Harrison knew what the rancher was asking of him. The worst of his job. The absolute worst. “Get me a rifle,” he said emotionlessly.
In his mind the shot rang on and on, louder and louder, like expanding ripples in a lake. And then Kelsey was there, so bright and beautiful it hurt to look at her, riding up on a black stallion whose flanks glistened with sweat.
She climbed down lithely, gazing at him through those clear gray eyes that saw deep into his soul and knew he didn’t care for her the way a husband should. But even so she stepped nearer, her hair brushing against his flesh as she bent to look even closer into his eyes, staring at him accusingly even while her hands slid across his skin.
“Kelsey,” he murmured in surprise.
Her hair swung against him teasingly. It was straight and felt like satin. Desire shot through him, surprising him with its blood-hot intensity. He’d never felt this way about Kelsey before.
He reached for her as her image wavered and faded. It wasn’t Kelsey. Nor was it Isabella. But he wanted her.
¤ ¤ ¤
Miracle awakened at the sound of Harrison’s voice. It wasn’t a low mutter, it was a shout of anguish. She tried to turn, but his arms surrounded her like a vice. His face was in her hair, and his body was subtly moving against hers.
“Kelsey,” she heard him say.
“Blast,” she muttered, easing away from him, but he was most insistent, holding her down.

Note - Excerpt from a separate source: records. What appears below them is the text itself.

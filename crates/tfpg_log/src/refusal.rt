//! Why a line of the log is refused.

/// Why a line of the log is refused: the first in this order that holds.
#[derive(Clone, Copy, PartialEq, Eq)]
pub enum Refusal {
    /// It has none of the five shapes.
    BadLine,
    /// Its time is not a number.
    BadNumber,
    /// Its time is above 10^12.
    TimeTooLarge,
    /// Its time is below `last`, the time of the last event.
    TimeBack { last: u64 },
    /// No node has the name.
    UnknownName,
    /// The node is not monitored.
    NotMonitored,
    /// No mode has the name.
    NotAMode,
    /// [`MAX_EVENTS`](crate::MAX_EVENTS) events were accepted.
    LogFull,
    /// [`MAX_MODE_CHANGES`](crate::MAX_MODE_CHANGES) mode changes were accepted.
    ModesFull,
}
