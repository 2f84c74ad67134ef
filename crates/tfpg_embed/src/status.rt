//! How a call ended, as numbers. `include/tfpg.h` has the same names, with `TFPG_` before them.

/// The call is done.
pub const DONE: u32 = 0;

/// The report is not accepted. The answer has its line and its cause.
pub const NOT_ACCEPTED: u32 = 1;

/// A number of the terms is out of its range.
pub const OUT_OF_RANGE: u32 = 2;

/// The graph's text has a fault. The answer has its line and its cause.
pub const BAD_GRAPH: u32 = 3;

/// There are too many hypotheses. The answer has their number.
pub const TOO_MANY_HYPOTHESES: u32 = 4;

/// A text is too long.
pub const TOO_MUCH_INPUT: u32 = 7;

/// Memory ran out.
pub const NO_MEMORY: u32 = 8;

/// The text does not fit the room. The answer has the number of its bytes. Nothing is written.
pub const ROOM_TOO_SMALL: u32 = 9;

/// The handle is closed, or its session ended when memory ran out.
pub const ENDED: u32 = 10;

/// There is no such kind, name, index or rank. Nothing is written.
pub const NO_SUCH: u32 = 11;

/// A line of the map is faulty. The answer has the number of the first one.
pub const BAD_MAP: u32 = 12;

/// The graph has no room for a probe. The answer has the cause.
pub const FULL_GRAPH: u32 = 13;
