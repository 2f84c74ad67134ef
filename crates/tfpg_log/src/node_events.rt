//! What a log keeps of each node beside its events.

/// The numbers of events that bound when a node became active, where there are such events. Numbers begin with 1.
#[derive(Clone, Copy)]
pub(crate) struct NodeEvents {
    /// The node's first alarm.
    pub(crate) first_alarm: Option<u32>,
    /// The node's last alarm.
    pub(crate) last_alarm: Option<u32>,
    /// The node's own last silence.
    pub(crate) silence: Option<u32>,
    /// The last sweep before the node's first alarm, once it has one.
    pub(crate) sweep: Option<u32>,
}

impl NodeEvents {
    ghost use Rattle.std.specs.Prelude.{◌≡◌};
    ghost use Rattle.tfpg_log.specs.inside.NodeEvents.{no_events, with_alarm};

    /// Those of a node without any.
    pub(crate) fn none() -> NodeEvents
        ensures { result ≡ no_events }
    {
        NodeEvents {
            first_alarm: None,
            last_alarm: None,
            silence: None,
            sweep: None,
        }
    }

    /// Those of the node once the event of this number is an alarm of it. The other number is that of the last sweep so
    /// far.
    pub(crate) fn with_alarm(self, alarm: u32, sweep: Option<u32>) -> NodeEvents
        ensures { result ≡ with_alarm self alarm sweep }
    {
        match self.first_alarm {
            Some(_) => NodeEvents {
                first_alarm: self.first_alarm,
                last_alarm: Some(alarm),
                silence: self.silence,
                sweep: self.sweep,
            },
            None => NodeEvents {
                first_alarm: Some(alarm),
                last_alarm: Some(alarm),
                silence: self.silence,
                sweep,
            },
        }
    }
}
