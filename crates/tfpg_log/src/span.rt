//! Runs of instants of one mode, and runs of these in which an edge is active.

ghost use Rattle.std.specs.Prelude.{◌≡◌};
ghost use Rattle.tfpg_log.specs.Spans.{first_from};

/// A maximal run of instants with one mode, from the first to the last of them, in milliseconds.
#[derive(Clone, Copy, PartialEq, Eq)]
pub struct Span {
    pub lo: u64,
    pub hi: u64,
    pub mode: u32,
}

impl Span {
    /// The first instant of the span that is not before this one, where there is one.
    pub fn first_from(self, instant: u64) -> Option<u64>
        ensures { result ≡ first_from self instant }
    {
        let first = instant.max(self.lo);
        (first <= self.hi).then_some(first)
    }
}

/// A maximal run of spans: the number of its first span, and its first and last instant, in milliseconds.
#[derive(Clone, Copy, PartialEq, Eq)]
pub struct Window {
    pub first: u32,
    pub lo: u64,
    pub hi: u64,
}
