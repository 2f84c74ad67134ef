//! A text put into the room of the caller.

ghost use Rattle.std.specs.Prelude.{◌≡◌, ◌++◌, List, ℕ, length, drop};
ghost use Rattle.tfpg_embed.specs.Answers.{answer_of_text};
ghost use Rattle.tfpg_embed.specs.Rooms.{room_after};

use crate::answer::{TfpgAnswer, with_count};
use crate::status::{DONE, ROOM_TOO_SMALL};

/// Writes the text to the front of the room, if it fits. The answer has the number of its bytes.
pub(crate) fn put_text(text: &[u8], room: &mut [u8]) -> TfpgAnswer
    ensures answer { result ≡ answer_of_text text.now (length room.old) }
    ensures room { room.new ≡ room_after text.now room.old }
{
    let count = text.len();
    if count <= room.len() {
        room[..count].copy_from_slice(text);
        with_count(DONE, count as u64)
    } else {
        with_count(ROOM_TOO_SMALL, count as u64)
    }
}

The elixir was working its particular magic, she realized, aware that he was dreaming vividly, hallucinating. He obviously thought she was this Kelsey person. Well, she was going to smarten him up right quick.
With a muscular twist that wrung a gasp from Miracle’s lips, he flopped her onto her back, dropping his full weight on her an instant later. Miracle drew a breath of outrage. She pushed against his chest with all her might. Damn and blast him! She was no use against his superior strength.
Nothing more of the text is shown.